The record kicks off with a pair of taut rockers: The mid-tempo, driving “Talking Out of Turn” with its pace setting bass and rolling rhythm. And the more up-tempo “Love Police,” where Mr. Kozel’s shreddedness hits its maximum point, swooping over cross-cutting guitars and a pumping rhythm which includes some wonky, saturated bass distortion. Jumping a good deal down the track list, “On the Way Home” is a hopping rocker set to a modified rockabilly beat; it runs 2’ 40” but it has an arty 50 second runout with various noise protuberances that make the number seem to go on much longer. Mr. Sobczak’s first move to the fore, an alluring rocker “So Lonely,” of barely beyond one-and-a-half minutes, has the band being impelled along by a gnarled, yet euphonious lead guitar in contrast to the lyrical ennui.
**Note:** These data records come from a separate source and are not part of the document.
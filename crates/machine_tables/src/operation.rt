//! The operations, and the table of what their instructions look like.
ghost use Rattle.std.specs.Prelude.{◌≡◌, ◌<◌, ◌≤◌, Some};
ghost use Rattle.machine_tables.specs.Operation.{form_of, has_length, is_fitted, is_unfitted_length};
ghost use Rattle.machine_tables.specs.Operation.{longest_at, meaning_of, mnemonic_of, needs_places};
ghost use Rattle.machine_tables.specs.Operation.{operation_of, place_of};
ghost use Rattle.machine_tables.specs.Row.{form_in};

use crate::lengths::Lengths::{
    self, MayHaveD, NoLength, One, OneOrD, ToEight, ToOne, ToTwo, TwoAndD, WithD,
};
use crate::lengths::Looked::{self, ByFifth, Eight, Seven};
use crate::mnemonics::{
    ADD, BRANCH, BRANCH_ON_CELL, CLEAR_STORAGE, CLEAR_WORD_MARK, COMPARE, CONTROL_CARRIAGE, EDIT,
    HALT, LOAD, MOVE, MOVE_DIGIT, MOVE_ZONE, NO_OPERATION, PUNCH_CARD, READ_AND_PUNCH, READ_CARD,
    SELECT_STACKER, SET_WORD_MARK, STORE_A, STORE_B, SUBTRACT, WRITE_AND_PUNCH, WRITE_AND_READ,
    WRITE_LINE, WRITE_READ_AND_PUNCH, ZERO_ADD, ZERO_SUBTRACT, ZERO_SUPPRESS,
};
use bcd_1401::Char;

/// What an instruction does.
#[derive(Clone, Copy, PartialEq, Eq)]
pub enum Operation {
    /// `A`: adds the A field to the B field.
    Add,
    /// `S`: subtracts the A field from the B field.
    Subtract,
    /// `?`: puts the A field's number in place of the B field's.
    ZeroAdd,
    /// `!`: puts the A field's number in place of the B field's, under the other sign.
    ZeroSubtract,
    /// `M`: moves the characters of the A field to the B field.
    Move,
    /// `L`: loads the A field, with its word mark, to the B field.
    Load,
    /// `D`: moves the low bits of one character.
    MoveDigit,
    /// `Y`: moves the zone of one character.
    MoveZone,
    /// `,`: sets word marks at both addresses.
    SetWordMark,
    /// `)`: clears word marks at both addresses.
    ClearWordMark,
    /// `/`: clears storage down to a hundred, and with two addresses branches.
    ClearStorage,
    /// `C`: compares the A field with the B field.
    Compare,
    /// `Z`: moves the A field with blanks for the zeros on its left.
    ZeroSuppress,
    /// `E`: moves the A field into the control word in the B field.
    Edit,
    /// `B`: branches always, on a condition, or if a character is the d-character.
    Branch,
    /// `V`: branches by the word mark and the zone of a cell.
    BranchOnCell,
    /// `Q`: stores the A register.
    StoreA,
    /// `H`: stores the B register.
    StoreB,
    /// `N`: does nothing.
    NoOperation,
    /// `.`: halts, and with an address goes on there.
    Halt,
    /// `K`: selects a stacker, which moves nothing here; with an address branches.
    SelectStacker,
    /// `1`: reads a card.
    ReadCard,
    /// `2`: writes a line, and with the lozenge the word marks.
    WriteLine,
    /// `3`: writes a line and reads a card.
    WriteAndRead,
    /// `4`: punches a card.
    PunchCard,
    /// `5`: reads a card and punches one.
    ReadAndPunch,
    /// `6`: writes a line and punches a card.
    WriteAndPunch,
    /// `7`: writes a line, reads a card and punches one.
    WriteReadAndPunch,
    /// `F`: spaces or skips the carriage.
    ControlCarriage,
}

/// One address goes into both registers.
const BOTH: bool = true;

/// One address goes into the A register alone.
const A_ONLY: bool = false;

/// Both addresses have to be those of places.
const PLACES: bool = true;

/// No address is looked at first of all.
const ANY: bool = false;

/// A row of the table: the graphic of the operation's character; its mnemonic, as columns 16 to 20 of a source line
/// have it; the lengths that its instructions may have; the lengths that belong to features that this machine hasn't
/// got; how many characters are looked at; whether one address goes into both registers; and whether both addresses
/// have to be those of places.
pub(crate) type Row = (u8, [u8; 5], Lengths, Lengths, Looked, bool, bool);

/// The table, in the order of `Operation`.
static ROWS: [Row; 29] = [
    (b'A', ADD, ToTwo, NoLength, Eight, BOTH, PLACES),
    (b'S', SUBTRACT, ToTwo, NoLength, Eight, BOTH, PLACES),
    (b'?', ZERO_ADD, ToTwo, NoLength, Eight, BOTH, PLACES),
    (b'!', ZERO_SUBTRACT, ToTwo, NoLength, Eight, BOTH, PLACES),
    (b'M', MOVE, ToTwo, TwoAndD, Eight, A_ONLY, PLACES),
    (b'L', LOAD, ToTwo, TwoAndD, Eight, A_ONLY, ANY),
    (b'D', MOVE_DIGIT, ToTwo, NoLength, Eight, BOTH, PLACES),
    (b'Y', MOVE_ZONE, ToTwo, NoLength, Eight, BOTH, PLACES),
    (b',', SET_WORD_MARK, ToTwo, NoLength, Seven, BOTH, PLACES),
    (b')', CLEAR_WORD_MARK, ToTwo, NoLength, Eight, BOTH, PLACES),
    (b'/', CLEAR_STORAGE, ToTwo, NoLength, Seven, BOTH, ANY),
    (b'C', COMPARE, ToTwo, NoLength, Eight, BOTH, PLACES),
    (b'Z', ZERO_SUPPRESS, ToTwo, NoLength, Eight, BOTH, ANY),
    (b'E', EDIT, ToTwo, NoLength, Eight, BOTH, ANY),
    (b'B', BRANCH, OneOrD, NoLength, ByFifth, A_ONLY, ANY),
    (b'V', BRANCH_ON_CELL, TwoAndD, NoLength, Eight, A_ONLY, ANY),
    (b'Q', STORE_A, One, NoLength, Eight, A_ONLY, ANY),
    (b'H', STORE_B, One, NoLength, Eight, A_ONLY, ANY),
    (b'N', NO_OPERATION, ToEight, NoLength, Eight, A_ONLY, ANY),
    (b'.', HALT, ToOne, NoLength, Eight, A_ONLY, ANY),
    (b'K', SELECT_STACKER, WithD, NoLength, Eight, A_ONLY, ANY),
    (b'1', READ_CARD, ToOne, WithD, Eight, A_ONLY, ANY),
    (b'2', WRITE_LINE, MayHaveD, NoLength, Eight, A_ONLY, ANY),
    (b'3', WRITE_AND_READ, ToOne, WithD, Eight, A_ONLY, ANY),
    (b'4', PUNCH_CARD, ToOne, WithD, Eight, A_ONLY, ANY),
    (b'5', READ_AND_PUNCH, ToOne, WithD, Eight, A_ONLY, ANY),
    (b'6', WRITE_AND_PUNCH, ToOne, WithD, Eight, A_ONLY, ANY),
    (b'7', WRITE_READ_AND_PUNCH, ToOne, WithD, Eight, A_ONLY, ANY),
    (b'F', CONTROL_CARRIAGE, WithD, NoLength, Eight, A_ONLY, ANY),
];

impl Operation {
    /// The operation of the character with this graphic; none if that is no operation of this machine.
    pub fn from_graphic(graphic: u8) -> Option<Operation>
        ensures { result ≡ meaning_of graphic }
    {
        match graphic {
            b'A' => Some(Operation::Add),
            b'S' => Some(Operation::Subtract),
            b'?' => Some(Operation::ZeroAdd),
            b'!' => Some(Operation::ZeroSubtract),
            b'M' => Some(Operation::Move),
            b'L' => Some(Operation::Load),
            b'D' => Some(Operation::MoveDigit),
            b'Y' => Some(Operation::MoveZone),
            b',' => Some(Operation::SetWordMark),
            b')' => Some(Operation::ClearWordMark),
            b'/' => Some(Operation::ClearStorage),
            b'C' => Some(Operation::Compare),
            b'Z' => Some(Operation::ZeroSuppress),
            b'E' => Some(Operation::Edit),
            b'B' => Some(Operation::Branch),
            b'V' => Some(Operation::BranchOnCell),
            b'Q' => Some(Operation::StoreA),
            b'H' => Some(Operation::StoreB),
            b'N' => Some(Operation::NoOperation),
            b'.' => Some(Operation::Halt),
            b'K' => Some(Operation::SelectStacker),
            b'1' => Some(Operation::ReadCard),
            b'2' => Some(Operation::WriteLine),
            b'3' => Some(Operation::WriteAndRead),
            b'4' => Some(Operation::PunchCard),
            b'5' => Some(Operation::ReadAndPunch),
            b'6' => Some(Operation::WriteAndPunch),
            b'7' => Some(Operation::WriteReadAndPunch),
            b'F' => Some(Operation::ControlCarriage),
            _ => None,
        }
    }

    /// The operation of this character; none if the character is no operation of this machine.
    pub fn from_char(char: Char) -> Option<Operation>
        ensures { result ≡ operation_of char }
    {
        Operation::from_graphic(char.graphic())
    }

    /// The place of its row.
    fn place(self) -> usize
        ensures value { result ≡ place_of self }
        ensures range { result < 29 }
    {
        self as usize
    }

    /// Its row.
    fn row(self) -> &'static Row
        ensures graphic { meaning_of result.now.0 ≡ Some self }
        ensures mnemonic { result.now.1 ≡ mnemonic_of self }
        ensures form { form_in result.now ≡ form_of self }
        ensures places { result.now.6 ≡ needs_places self }
    {
        &ROWS[self.place()]
    }

    /// The graphic of its character.
    pub fn graphic(self) -> u8
        ensures { meaning_of result ≡ Some self }
    {
        self.row().0
    }

    /// Its mnemonic: columns 16 to 20 of a source line.
    pub fn mnemonic(self) -> [u8; 5]
        ensures { result ≡ mnemonic_of self }
    {
        self.row().1
    }

    /// How many characters of its instructions are looked at, by the fifth of them: a branch with a blank there has
    /// four.
    pub fn longest(self, fifth: Char) -> u16
        ensures value { result ≡ (form_of self).longest fifth }
        ensures some { 0 < result }
        ensures most { result ≤ 8 }
    {
        self.row().4.up_to(fifth)
    }

    /// Whether the one address of an instruction goes into the B register too, or into the A register alone.
    pub fn loads_both(self) -> bool
        ensures { result ≡ (form_of self).loads_both }
    {
        self.row().5
    }

    /// Whether it looks first of all whether both addresses are those of places, and stops as `ADDRESS` if one isn't.
    pub fn needs_places(self) -> bool
        ensures { result ≡ needs_places self }
    {
        self.row().6
    }

    /// Whether this length belongs to a feature that this machine hasn't got: a move or a load of eight characters is
    /// one of tapes.
    pub fn is_unfitted_length(self, len: u16) -> bool
        ensures { result ≡ is_unfitted_length self len }
    {
        self.row().3.has(u32::from(len))
    }

    /// Whether an instruction of this operation may have this length.
    pub fn has_length(self, len: u16) -> bool
        ensures { result ≡ has_length self len }
    {
        self.row().2.has(u32::from(len))
    }
}

/// Whether the machine carries out an instruction of the operation with this graphic and this length; an operation of a
/// feature that it hasn't got has none.
pub fn is_fitted(graphic: u8, len: u32) -> bool
    ensures { result ≡ is_fitted graphic len }
{
    match Operation::from_graphic(graphic) {
        Some(operation) => operation.row().2.has(len),
        None => false,
    }
}

/// How many characters of an instruction of the operation with this graphic are looked at, by the fifth of them; eight
/// if there is no such operation.
pub fn longest_at(graphic: u8, fifth: Char) -> u16
    ensures value { result ≡ longest_at graphic fifth }
    ensures some { 0 < result }
    ensures most { result ≤ 8 }
{
    match Operation::from_graphic(graphic) {
        Some(operation) => operation.longest(fifth),
        None => 8,
    }
}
Following on comes that unexpected portion with the rawly ornate vocal arrangements (if only because the bar has been set so low for so long) filling out a group of ballads (an affiliated general weakness of your typical Indie band). “Are You Afraid of Being Poor?” is a skeletal number which beyond the intro has an almost incidental instrumentation (most prominent being organ) beneath the lead vocal and the many backing harmonies (particularly cute are the Shirelles-ish “Sha-La-La”s), which at points intermingle via phase shifting creating an ethereal effect that is enhanced by its organ sounds.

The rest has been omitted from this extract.